**What is expected**
Pick the lines holding the string "Returns" out of the records and copy them.

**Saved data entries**
******************************
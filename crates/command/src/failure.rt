//! Why the program stops without doing what was asked, and with which status.
ghost use Rattle.std.specs.Prelude.{◌≡◌, ◌≤◌, ◌⊎◌};
ghost use Rattle.std.specs.IoError.{error_kind};
ghost use Rattle.command.specs.Statuses.{failure_status};
ghost use Rattle.command.specs.declared.failure.Failure.TheVariants.{Fault as OfFault};
ghost use Rattle.octets.specs.declared.fault.Fault.TheVariants.{OutOfMemory};

use octets::Fault;
use std::alloc::AllocError;
use std::io::ErrorKind;
use std::{fmt, io};
use vectors::VectorFault;

/// Why the program stops. `Display` writes the text that follows `aeadkit: ` on standard error: a name, or the text of a fault.
#[derive(Clone, Copy)]
pub enum Failure {
    /// The words are not a valid command line.
    Words,
    /// No suite has this name.
    UnknownSuite,
    /// A hexadecimal value is not an even number of hex digits.
    BadHex,
    /// A call was refused, a read or a write failed, or an allocation failed.
    Fault(Fault),
    /// A file is not a vector file, so it has no report.
    Vector(VectorFault),
}

impl fmt::Display for Failure {
    ghost use Rattle.std.specs.Prelude.{Some};
    ghost use Rattle.command.specs.Names.{failure_text};

    ghost output = { λ failure. Some (failure_text failure) };

    fn fmt<W: fmt::Write>(&self, f: &mut fmt::Formatter<W>) -> fmt::Result {
        match self {
            Failure::Words => f.write_str("Words"),
            Failure::UnknownSuite => f.write_str("UnknownSuite"),
            Failure::BadHex => f.write_str("BadHex"),
            Failure::Fault(fault) => fault.fmt(f),
            Failure::Vector(fault) => fault.fmt(f),
        }
    }
}

impl Failure {
    /// Returns the status that the program ends with, from 1 to 4.
    pub fn status(self) -> u8
        ensures value { result ≡ failure_status self }
        ensures bound { result ≤ 4 }
    {
        match self {
            Failure::Words | Failure::UnknownSuite | Failure::BadHex => 2,
            Failure::Fault(fault) => match fault {
                Fault::TooShort | Fault::TagMismatch | Fault::WrapIntegrity => 1,
                Fault::KeyLength
                | Fault::NonceLength
                | Fault::TextTooLong
                | Fault::AadTooLong
                | Fault::WrapLength
                | Fault::StreamEnd => 2,
                Fault::Read | Fault::Write | Fault::SourceChanged => 3,
                Fault::OutOfMemory => 4,
            },
            Failure::Vector(fault) => match fault {
                VectorFault::OutOfMemory => 4,
                _ => 1,
            },
        }
    }
}

impl From<Fault> for Failure {
    ghost from_gives = { λ fault failure. failure ≡ OfFault fault };

    fn from(fault: Fault) -> Failure {
        Failure::Fault(fault)
    }
}

impl From<AllocError> for Failure {
    ghost from_gives = { λ _ failure. failure ≡ OfFault OutOfMemory };

    fn from(_error: AllocError) -> Failure {
        Failure::Fault(Fault::OutOfMemory)
    }
}

// Returns the fault of a failed read or write: `OutOfMemory` if that is its kind, else the given fault.
pub(crate) fn fault_of(error: &io::Error, otherwise: Fault) -> Fault
    ensures memory { error_kind error.now ≡ ErrorKind.OutOfMemory → result ≡ Fault.OutOfMemory }
    ensures either { (result ≡ Fault.OutOfMemory) ⊎ (result ≡ otherwise) }
{
    match error.kind() {
        ErrorKind::OutOfMemory => Fault::OutOfMemory,
        _ => otherwise,
    }
}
******************************
**Answer for the task**
    /// Returns the status that the program ends with, from 1 to 4.
// Returns the fault of a failed read or write: `OutOfMemory` if that is its kind, else the given fault.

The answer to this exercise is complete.